======== DATASET EXCERPTS ========

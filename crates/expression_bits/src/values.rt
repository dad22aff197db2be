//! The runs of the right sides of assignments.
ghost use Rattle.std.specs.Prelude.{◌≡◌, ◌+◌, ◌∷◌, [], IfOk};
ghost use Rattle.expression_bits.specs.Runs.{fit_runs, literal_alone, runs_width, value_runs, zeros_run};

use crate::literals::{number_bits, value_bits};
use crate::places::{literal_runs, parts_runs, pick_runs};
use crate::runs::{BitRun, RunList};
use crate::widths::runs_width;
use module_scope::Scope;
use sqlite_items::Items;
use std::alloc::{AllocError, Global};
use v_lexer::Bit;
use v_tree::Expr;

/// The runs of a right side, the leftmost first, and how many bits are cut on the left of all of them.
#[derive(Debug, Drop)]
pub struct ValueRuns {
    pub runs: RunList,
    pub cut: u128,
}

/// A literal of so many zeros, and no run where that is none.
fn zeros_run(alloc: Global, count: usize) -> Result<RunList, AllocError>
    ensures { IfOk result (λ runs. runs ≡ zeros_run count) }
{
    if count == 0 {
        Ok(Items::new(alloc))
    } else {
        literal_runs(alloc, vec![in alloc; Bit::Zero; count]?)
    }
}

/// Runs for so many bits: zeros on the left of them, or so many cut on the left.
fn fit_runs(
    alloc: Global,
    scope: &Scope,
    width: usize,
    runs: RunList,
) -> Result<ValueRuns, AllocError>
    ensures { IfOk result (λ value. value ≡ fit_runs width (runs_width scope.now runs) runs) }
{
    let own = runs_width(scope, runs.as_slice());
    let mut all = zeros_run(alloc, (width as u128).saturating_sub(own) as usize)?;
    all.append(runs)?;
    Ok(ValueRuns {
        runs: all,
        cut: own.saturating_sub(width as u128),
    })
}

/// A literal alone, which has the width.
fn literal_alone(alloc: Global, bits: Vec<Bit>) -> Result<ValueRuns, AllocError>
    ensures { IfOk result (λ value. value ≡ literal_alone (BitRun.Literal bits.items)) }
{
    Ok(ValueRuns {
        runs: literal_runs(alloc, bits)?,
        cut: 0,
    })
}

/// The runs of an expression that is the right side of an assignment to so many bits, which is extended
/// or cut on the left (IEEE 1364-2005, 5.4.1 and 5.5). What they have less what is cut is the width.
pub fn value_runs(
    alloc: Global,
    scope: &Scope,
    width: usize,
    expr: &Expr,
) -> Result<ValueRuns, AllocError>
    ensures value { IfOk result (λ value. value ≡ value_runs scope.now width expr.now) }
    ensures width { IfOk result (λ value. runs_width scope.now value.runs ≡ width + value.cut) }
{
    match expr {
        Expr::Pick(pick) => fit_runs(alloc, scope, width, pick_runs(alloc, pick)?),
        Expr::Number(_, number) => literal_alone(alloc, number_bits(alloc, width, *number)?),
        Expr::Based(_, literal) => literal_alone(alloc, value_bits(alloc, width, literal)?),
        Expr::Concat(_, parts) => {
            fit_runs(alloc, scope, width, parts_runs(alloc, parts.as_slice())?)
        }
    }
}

========

• **WHAT IS BEING ASKED**: A copy of each line above that holds the word "Global" is the expected answer.

• **EXPECTED ANSWER**:
use std::alloc::{AllocError, Global};
fn zeros_run(alloc: Global, count: usize) -> Result<RunList, AllocError>
    alloc: Global,
fn literal_alone(alloc: Global, bits: Vec<Bit>) -> Result<ValueRuns, AllocError>
    alloc: Global,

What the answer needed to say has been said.